- [Problem to solve] Within the listing that follows, how many lines contain the word "requires"? Only the number is wanted.

- [Data to examine]
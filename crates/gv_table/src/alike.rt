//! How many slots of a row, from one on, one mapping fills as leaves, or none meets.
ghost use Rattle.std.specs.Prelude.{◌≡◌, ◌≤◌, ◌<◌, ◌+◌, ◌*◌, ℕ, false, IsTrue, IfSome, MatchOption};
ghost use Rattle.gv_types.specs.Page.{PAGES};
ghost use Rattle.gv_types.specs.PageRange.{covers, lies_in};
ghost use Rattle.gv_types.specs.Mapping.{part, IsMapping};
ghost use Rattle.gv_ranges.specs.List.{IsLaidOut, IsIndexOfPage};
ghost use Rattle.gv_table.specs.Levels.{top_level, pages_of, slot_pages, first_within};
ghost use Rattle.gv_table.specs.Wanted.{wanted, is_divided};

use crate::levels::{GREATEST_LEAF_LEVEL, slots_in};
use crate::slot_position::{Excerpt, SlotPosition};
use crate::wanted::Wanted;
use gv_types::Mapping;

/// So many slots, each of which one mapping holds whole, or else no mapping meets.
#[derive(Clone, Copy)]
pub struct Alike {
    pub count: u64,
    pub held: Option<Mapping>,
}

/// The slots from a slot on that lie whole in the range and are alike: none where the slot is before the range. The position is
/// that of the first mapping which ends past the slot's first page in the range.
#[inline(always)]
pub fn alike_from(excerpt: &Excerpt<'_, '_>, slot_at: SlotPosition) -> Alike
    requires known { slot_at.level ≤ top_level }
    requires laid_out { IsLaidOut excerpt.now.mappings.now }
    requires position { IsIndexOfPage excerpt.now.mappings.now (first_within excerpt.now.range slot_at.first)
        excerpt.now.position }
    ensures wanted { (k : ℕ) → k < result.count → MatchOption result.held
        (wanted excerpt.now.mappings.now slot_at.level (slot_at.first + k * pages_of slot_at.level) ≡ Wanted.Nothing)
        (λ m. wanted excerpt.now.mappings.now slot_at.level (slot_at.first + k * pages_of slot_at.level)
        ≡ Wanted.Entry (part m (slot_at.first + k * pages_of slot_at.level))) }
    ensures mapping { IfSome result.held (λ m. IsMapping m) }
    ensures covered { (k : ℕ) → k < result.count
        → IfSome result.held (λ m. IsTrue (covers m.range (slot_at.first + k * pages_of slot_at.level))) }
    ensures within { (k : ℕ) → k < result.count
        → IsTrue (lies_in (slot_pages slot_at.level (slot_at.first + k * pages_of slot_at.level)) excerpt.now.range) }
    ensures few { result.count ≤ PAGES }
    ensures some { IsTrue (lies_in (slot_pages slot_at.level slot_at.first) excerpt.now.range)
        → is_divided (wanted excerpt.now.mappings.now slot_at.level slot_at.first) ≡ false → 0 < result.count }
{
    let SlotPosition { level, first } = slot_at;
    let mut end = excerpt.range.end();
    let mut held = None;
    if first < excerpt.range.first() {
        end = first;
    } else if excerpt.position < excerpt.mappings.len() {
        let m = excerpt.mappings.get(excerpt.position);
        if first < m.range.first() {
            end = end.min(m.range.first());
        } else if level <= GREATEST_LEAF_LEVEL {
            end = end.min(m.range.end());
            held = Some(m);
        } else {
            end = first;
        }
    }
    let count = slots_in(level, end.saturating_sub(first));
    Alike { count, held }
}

- [Written answer] 3